*** Opening of Records for the task ***

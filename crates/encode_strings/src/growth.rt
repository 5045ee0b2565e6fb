// How many places of a part are replaced, and how much longer it becomes.
// A part has at most 64 bytes, in each contract: chunks of that size leave no line separator whole, so that `cut` makes the parts.
ghost use Rattle.std.specs.Prelude.{true, cond, ◌≡◌, ◌+◌, ◌*◌, ◌≤◌, eqb, length};
ghost use Rattle.rules.specs.Contexts.{written_in};
ghost use Rattle.rules.specs.Encoding.{encode_step};
ghost use Rattle.rules.specs.Moves.{through, replaced};
ghost use Rattle.rules.specs.Operations.{encode_of};
ghost use Rattle.encode_strings.specs.Strings.{escaped_of, hexed_of, hex_growth, same_of, total, separators_in, Counted, separates as separates_in, places_by};

use crate::{escapes, rule};
use rules::{Notation, Quotes};

// How many bytes of a part are escaped, how many of these by their hex digits, and how often it has the byte that is counted beside.
#[derive(Clone, Copy)]
pub struct Tally {
    pub escaped: u8,
    pub hexed: u8,
    pub odd: u8,
}

// By how much a part grows, and how many of its places are replaced.
#[derive(Clone, Copy)]
pub struct Change {
    pub growth: usize,
    pub replaced: usize,
}

// Returns 1 where a test holds, else 0.
fn bit(holds: bool) -> u8
    ensures { (result ≡ cond holds 1 0) × (result ≤ 1) }
{
    u8::from(holds)
}

// Counts the bytes of a part that are escaped, those that are by their hex digits, and the byte `odd`. Short parts keep the counts in a byte, and the
// loop has no branch, so that it compiles to vector code.
fn weigh(single: u8, double: u8, odd: u8, part: &[u8]) -> Tally
    requires { length part.now ≤ 64 }
    ensures escaped_value { (result.escaped ≡ total (escaped_of single double) part.now) × (result.hexed ≡ total hexed_of part.now) × (result.odd ≡ total (same_of odd) part.now) }
    ensures escaped_in_bounds { (result.escaped ≤ length part.now) × (result.hexed ≤ length part.now) }
{
    let mut escaped: u8 = 0;
    let mut hexed: u8 = 0;
    let mut n: u8 = 0;
    for b in part {
        let hex = rule::is_hexed(*b);
        escaped += bit(rule::is_slashed(single, double, *b) | hex);
        hexed += bit(hex);
        n += base::when(odd, *b, 1);
    }
    Tally {
        escaped,
        hexed,
        odd: n,
    }
}

// Counts the line separators of a part.
fn separators(part: &[u8]) -> usize
    requires { length part.now ≤ 64 }
    ensures { (result ≡ separators_in part.now) × (result ≤ length part.now) }
{
    let mut n: usize = 0;
    for i in 0..part.len().saturating_sub(2) {
        if part[i] == rule::SEPARATOR_LEAD {
            if escapes::ends_separator(part[i + 1], part[i + 2]) {
                n += 1;
            }
        }
    }
    n
}

// Counts what is escaped in a part, and E2, with which line separators begin.
pub fn count(notation: Notation, quotes: Quotes, part: &[u8]) -> Tally
    requires { length part.now ≤ 64 }
    ensures { Counted notation quotes part.now result.escaped result.hexed result.odd }
{
    let single = rule::single_key(notation, quotes);
    let double = rule::double_key(notation, quotes);
    weigh(single, double, rule::SEPARATOR_LEAD, part)
}

// Reports whether a part that was counted is copied, since nothing of it is replaced.
pub fn is_copied(notation: Notation, quotes: Quotes, found: Tally, part: &[u8]) -> bool
    requires { (length part.now ≤ 64) × Counted notation quotes part.now found.escaped found.hexed found.odd }
    ensures { result ≡ eqb (replaced (through (encode_step (written_in notation quotes)) part.now)) 0 }
{
    if found.escaped != 0 {
        return false;
    }
    if found.odd == 0 {
        return true;
    }
    if rule::separates(notation) {
        return separators(part) == 0;
    }
    true
}

// Returns how many places of a part were replaced that was counted and became longer by `growth` bytes. But in a style sheet each line separator is
// longer by three bytes, so that what the escaped bytes do not explain tells how many there are.
pub fn places(notation: Notation, found: Tally, growth: usize) -> usize
    requires { (separates_in notation ≡ true → found.escaped + hex_growth notation found.hexed ≤ growth) × (growth ≤ 65536) }
    ensures { result ≡ places_by notation found.escaped found.hexed growth }
{
    let escaped = found.escaped as usize;
    if rule::separates(notation) {
        return escaped + (growth - (escaped + hex_growth(notation, found.hexed))) / 3;
    }
    escaped
}

// Returns by how much bytes that are written in hex grow more than those with a backslash: `\x3C` and `\3C ` have four bytes, `\u003C` has six.
fn hex_growth(notation: Notation, hexed: u8) -> usize
    ensures { (result ≡ hex_growth notation hexed) × (result ≤ 1020) }
{
    let n = hexed as usize;
    match notation {
        Notation::Script => 2 * n,
        Notation::Style => 2 * n,
        Notation::Json => 4 * n,
    }
}

// Adds up what was counted: a backslash is one byte more, hex digits are more by what `hex_growth` says, and `\u2028` is three bytes more than the
// separator.
fn sum(notation: Notation, found: Tally, separators: usize) -> Change
    requires { separators ≤ 64 }
    ensures { (result.growth ≡ found.escaped + hex_growth notation found.hexed + 3 * separators) × (result.replaced ≡ found.escaped + separators) }
{
    let escaped = found.escaped as usize;
    Change {
        growth: escaped + hex_growth(notation, found.hexed) + 3 * separators,
        replaced: escaped + separators,
    }
}

// Returns by how much a part grows and how many of its places are replaced: in a style sheet NUL grows by two only, elsewhere line
// separators are replaced too.
pub fn gained(notation: Notation, quotes: Quotes, part: &[u8]) -> Change
    requires { length part.now ≤ 64 }
    ensures { (length part.now + result.growth ≡ length (encode_of (written_in notation quotes) part.now)) × (result.replaced ≡ replaced (through (encode_step (written_in notation quotes)) part.now)) × (result.replaced ≤ 2 * length part.now) }
{
    let single = rule::single_key(notation, quotes);
    let double = rule::double_key(notation, quotes);
    if rule::separates(notation) {
        let found = weigh(single, double, rule::SEPARATOR_LEAD, part);
        if found.odd == 0 {
            return sum(notation, found, 0);
        }
        return sum(notation, found, separators(part));
    }
    let found = weigh(single, double, 0, part);
    let all = sum(notation, found, 0);
    Change {
        growth: all.growth - found.odd as usize,
        replaced: all.replaced,
    }
}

*** Close of Records for the task ***

**Task goal**
Set down the entire material again, exactly as it stands.

**Solution to this problem**
filename crates/encode_strings/src/growth.rt
repository 5045ee0b2565e6fb
// How many places of a part are replaced, and how much longer it becomes.
// A part has at most 64 bytes, in each contract: chunks of that size leave no line separator whole, so that `cut` makes the parts.
ghost use Rattle.std.specs.Prelude.{true, cond, ◌≡◌, ◌+◌, ◌*◌, ◌≤◌, eqb, length};
ghost use Rattle.rules.specs.Contexts.{written_in};
ghost use Rattle.rules.specs.Encoding.{encode_step};
ghost use Rattle.rules.specs.Moves.{through, replaced};
ghost use Rattle.rules.specs.Operations.{encode_of};
ghost use Rattle.encode_strings.specs.Strings.{escaped_of, hexed_of, hex_growth, same_of, total, separators_in, Counted, separates as separates_in, places_by};

use crate::{escapes, rule};
use rules::{Notation, Quotes};

// How many bytes of a part are escaped, how many of these by their hex digits, and how often it has the byte that is counted beside.
#[derive(Clone, Copy)]
pub struct Tally {
    pub escaped: u8,
    pub hexed: u8,
    pub odd: u8,
}

// By how much a part grows, and how many of its places are replaced.
#[derive(Clone, Copy)]
pub struct Change {
    pub growth: usize,
    pub replaced: usize,
}

// Returns 1 where a test holds, else 0.
fn bit(holds: bool) -> u8
    ensures { (result ≡ cond holds 1 0) × (result ≤ 1) }
{
    u8::from(holds)
}

// Counts the bytes of a part that are escaped, those that are by their hex digits, and the byte `odd`. Short parts keep the counts in a byte, and the
// loop has no branch, so that it compiles to vector code.
fn weigh(single: u8, double: u8, odd: u8, part: &[u8]) -> Tally
    requires { length part.now ≤ 64 }
    ensures escaped_value { (result.escaped ≡ total (escaped_of single double) part.now) × (result.hexed ≡ total hexed_of part.now) × (result.odd ≡ total (same_of odd) part.now) }
    ensures escaped_in_bounds { (result.escaped ≤ length part.now) × (result.hexed ≤ length part.now) }
{
    let mut escaped: u8 = 0;
    let mut hexed: u8 = 0;
    let mut n: u8 = 0;
    for b in part {
        let hex = rule::is_hexed(*b);
        escaped += bit(rule::is_slashed(single, double, *b) | hex);
        hexed += bit(hex);
        n += base::when(odd, *b, 1);
    }
    Tally {
        escaped,
        hexed,
        odd: n,
    }
}

// Counts the line separators of a part.
fn separators(part: &[u8]) -> usize
    requires { length part.now ≤ 64 }
    ensures { (result ≡ separators_in part.now) × (result ≤ length part.now) }
{
    let mut n: usize = 0;
    for i in 0..part.len().saturating_sub(2) {
        if part[i] == rule::SEPARATOR_LEAD {
            if escapes::ends_separator(part[i + 1], part[i + 2]) {
                n += 1;
            }
        }
    }
    n
}

// Counts what is escaped in a part, and E2, with which line separators begin.
pub fn count(notation: Notation, quotes: Quotes, part: &[u8]) -> Tally
    requires { length part.now ≤ 64 }
    ensures { Counted notation quotes part.now result.escaped result.hexed result.odd }
{
    let single = rule::single_key(notation, quotes);
    let double = rule::double_key(notation, quotes);
    weigh(single, double, rule::SEPARATOR_LEAD, part)
}

// Reports whether a part that was counted is copied, since nothing of it is replaced.
pub fn is_copied(notation: Notation, quotes: Quotes, found: Tally, part: &[u8]) -> bool
    requires { (length part.now ≤ 64) × Counted notation quotes part.now found.escaped found.hexed found.odd }
    ensures { result ≡ eqb (replaced (through (encode_step (written_in notation quotes)) part.now)) 0 }
{
    if found.escaped != 0 {
        return false;
    }
    if found.odd == 0 {
        return true;
    }
    if rule::separates(notation) {
        return separators(part) == 0;
    }
    true
}

// Returns how many places of a part were replaced that was counted and became longer by `growth` bytes. But in a style sheet each line separator is
// longer by three bytes, so that what the escaped bytes do not explain tells how many there are.
pub fn places(notation: Notation, found: Tally, growth: usize) -> usize
    requires { (separates_in notation ≡ true → found.escaped + hex_growth notation found.hexed ≤ growth) × (growth ≤ 65536) }
    ensures { result ≡ places_by notation found.escaped found.hexed growth }
{
    let escaped = found.escaped as usize;
    if rule::separates(notation) {
        return escaped + (growth - (escaped + hex_growth(notation, found.hexed))) / 3;
    }
    escaped
}

// Returns by how much bytes that are written in hex grow more than those with a backslash: `\x3C` and `\3C ` have four bytes, `\u003C` has six.
fn hex_growth(notation: Notation, hexed: u8) -> usize
    ensures { (result ≡ hex_growth notation hexed) × (result ≤ 1020) }
{
    let n = hexed as usize;
    match notation {
        Notation::Script => 2 * n,
        Notation::Style => 2 * n,
        Notation::Json => 4 * n,
    }
}

// Adds up what was counted: a backslash is one byte more, hex digits are more by what `hex_growth` says, and `\u2028` is three bytes more than the
// separator.
fn sum(notation: Notation, found: Tally, separators: usize) -> Change
    requires { separators ≤ 64 }
    ensures { (result.growth ≡ found.escaped + hex_growth notation found.hexed + 3 * separators) × (result.replaced ≡ found.escaped + separators) }
{
    let escaped = found.escaped as usize;
    Change {
        growth: escaped + hex_growth(notation, found.hexed) + 3 * separators,
        replaced: escaped + separators,
    }
}

// Returns by how much a part grows and how many of its places are replaced: in a style sheet NUL grows by two only, elsewhere line
// separators are replaced too.
pub fn gained(notation: Notation, quotes: Quotes, part: &[u8]) -> Change
    requires { length part.now ≤ 64 }
    ensures { (length part.now + result.growth ≡ length (encode_of (written_in notation quotes) part.now)) × (result.replaced ≡ replaced (through (encode_step (written_in notation quotes)) part.now)) × (result.replaced ≤ 2 * length part.now) }
{
    let single = rule::single_key(notation, quotes);
    let double = rule::double_key(notation, quotes);
    if rule::separates(notation) {
        let found = weigh(single, double, rule::SEPARATOR_LEAD, part);
        if found.odd == 0 {
            return sum(notation, found, 0);
        }
        return sum(notation, found, separators(part));
    }
    let found = weigh(single, double, 0, part);
    let all = sum(notation, found, 0);
    Change {
        growth: all.growth - found.odd as usize,
        replaced: all.replaced,
    }
}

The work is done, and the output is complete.